Question 57: Do you experience any corrosion and fouling in the preflash or crude towers as a result of running at dew point temperatures or below in the top of the towers? If so, what steps do you take to mitigate and control this problem?

Doug Meyne (Champion)

Preflash Tower

Preflash towers and overheads are not particularly susceptible to corrosion and fouling because chloride hydrolysis is minimal at Preflash feed temperatures. Without chlorides, aqueous corrosion in crude oil distillation is minimal. By extension, Preflash corrosion control and fouling issues are considered outliers. Some refiners use a water wash in the Preflash overhead and some use corrosion inhibitors. Many uses nothing. Neutralizers are rarely used. Admiralty bundles are common in Preflash towers because water-side corrosion is normally the greater risk. The Preflash tower itself shouldn’t corrode, unless it is due to just plain long service and old age. There are always exceptions to the rule. Mitigation and control needs should be reviewed for each case with a corrosion engineer and/or the corrosion inhibitor supplier for the refinery.

Crude Tower

First and foremost, don’t try to fight corrosion and fouling in a crude tower operating at low temperature with neutralizer (see “Neutralizers” answer on question #56).

For years the best course of action to address a low temperature Crude tower has been to reduce the chlorides into the tower and add a filmer into the reflux. This is still a good approach; however, it’s not always enough. Just as Preflash tower corrosion is low without chlorides, the same can be true with Crude towers. There are several ways to reduce chlorides into the tower, but that’s a large topic that needs to be answered in a different question or forum. However, corrosion control of a tower to deal with chlorides that do get into the tower is germane to this question.

In order to deal with this question in a way that is truly helpful, it is necessary to use a product application example. Champion has been using a filmer with a proprietary salt dispersant in it for years. Not too long ago we found ourselves tasked with bringing corrosion under control in a tower that had experienced serious tower corrosion and tray replacements for over 30 years. The Crude tower operated with a top temperature around 200F, and the reflux was sub-cooled resulting in localized dew points in the tower. The graph below shows the relative success of an increase in the filmer rate into the tower reflux. Increasing this rate resulted in historically low corrosion rates on the top tray corrosion probe. What this graph doesn’t show is that for over a year following the increase of filmer into the tower, the top tray corrosion probe stayed below 5 mpy. Furthermore, the inorganic fouling that was routinely experienced in the filters on the first side draw was essentially eliminated. In other words, with the right approach, tower corrosion can be controllable using enhanced filmer technology.

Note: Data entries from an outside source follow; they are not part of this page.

//! Instruction sets by their meaning: what each word asks for, and what it makes of the contents of two registers.
#![tactic(auto)]

mod calculation;
mod marked;
mod operation;
mod set;

pub use marked::marked_cases;
pub use operation::Operation;
pub use set::InstructionSet;
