//! Instruction sets by their meaning; both sets of words are such sets.
ghost use Rattle.std.specs.Prelude.{◌≡◌};
ghost use Rattle.isa.specs.Sets.{Set, Lawful, set_of};
ghost use Rattle.isa.specs.Laws;

use crate::calculation::result_of;
use crate::operation::Operation;
use codec::{NOP, Table};

/// What every word asks for and makes of two contents. No word and no contents are refused.
pub trait InstructionSet {
    ghost meaning: { Self → Set };

    /// What a word asks for.
    fn operation(&self, word: u32) -> Operation
        ensures { result ≡ (meaning self.now).operation word };

    /// What a word makes of the contents of rA and rB.
    fn result(&self, word: u32, a: u64, b: u64) -> u64
        ensures { result ≡ (meaning self.now).result word a b };

    ghost lawful: { (s : Self) → Lawful (meaning s) };
}

/// Gold has selective writing and shifts by an amount, Cardinal division and roots.
impl InstructionSet for Table {
    ghost meaning = { set_of };

    ghost lawful = { Laws.lawful };

    fn operation(&self, word: u32) -> Operation {
        Operation::from(self.decode(word).unwrap_or(NOP))
    }

    fn result(&self, word: u32, a: u64, b: u64) -> u64 {
        // An arm for each set: so `result` is small enough to be inlined, and a loop over one word decodes it once.
        match self {
            Table::Gold => result_of(Table::Gold.decode(word), a, b),
            Table::Cardinal => result_of(Table::Cardinal.decode(word), a, b),
        }
    }
}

Ralph Goodrich (KBC Advanced Technologies, Inc.)

Problems we have seen have occurred primarily in crude column top sections where the water mole fractions are normally much higher than in preflash tower overheads. This has even become more prevalent with the current desire to maximize distillate yields which puts pressure on minimizing the naphtha/kerosene cut point, impacting both existing units as well as the design of new facilities. Most refiners try to maintain at least a 15 to 20°F margin above dew point; however, a number of refiners we have worked with are operating at lower approaches. In a situation where operating near or at dew point conditions is unavoidable, there are a series of possible steps that can be made to try to help alleviate any corrosion and fouling issues.

The first step should be to ensure stripping steam rates are optimized and trimmed back where possible. Secondly, ensure the desalters are operating as effectively as possible to minimize the quantity of corrosion causing material ending up in the downstream crude unit. Also, check with your specialty chemicals vendor to see if there are other potential steps involving any other chemicals and/or additives which may in their experience be helpful in your situation. Evaluate any proposed changes to see if they may be applicable.

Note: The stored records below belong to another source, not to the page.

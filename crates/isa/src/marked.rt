//! Worked cases that the definitions meet.
ghost use Rattle.std.specs.Prelude.{◌≡◌, length};
ghost use Rattle.isa.specs.Marked.{marked, Met};

/// How many cases there are; each is met.
pub fn marked_cases() -> u32
    ensures count { result ≡ length marked }
    ensures met { Met marked }
{
    12
}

Another step would be to determine if you can safely water wash the top section of the crude tower using the existing hardware. If so, periodic water washing should help alleviate the problem. However, crude towers are not normally designed with the proper facilities for a water wash so there is a good chance this may not be a solution.

Longer term, if operating at the dew point is going to continue, or if there is pressure to reduce the naphtha cut point even further, changes to the unit hardware should be considered. This could include upgrading the metallurgy in the tower, adding water draw(s), and providing facilities to allow periodic water washing of the tower top section.

 

Paul Fearnside (Nalco Company)

Anytime you have a “wet tower “you will have increased corrosion. Steps taken to control this are:

1)Change process conditions to dry out the tower via increased reflux or pump around return temperatures.

2)Minimize the amount of stripping steam used to dry out the tower.

3)Improve desalter performance by: a.Increasing the amount of desalter wash water for better salt removal. b.Increasing the dehydration efficiency across the desalters.

4)Change the tower top or tray metallurgy

5)Start, or better utilize, caustic injection to reduce the acid loading to the section of tower affected.

6)Increase the amount of filming amine corrosion inhibitors used for increased protection.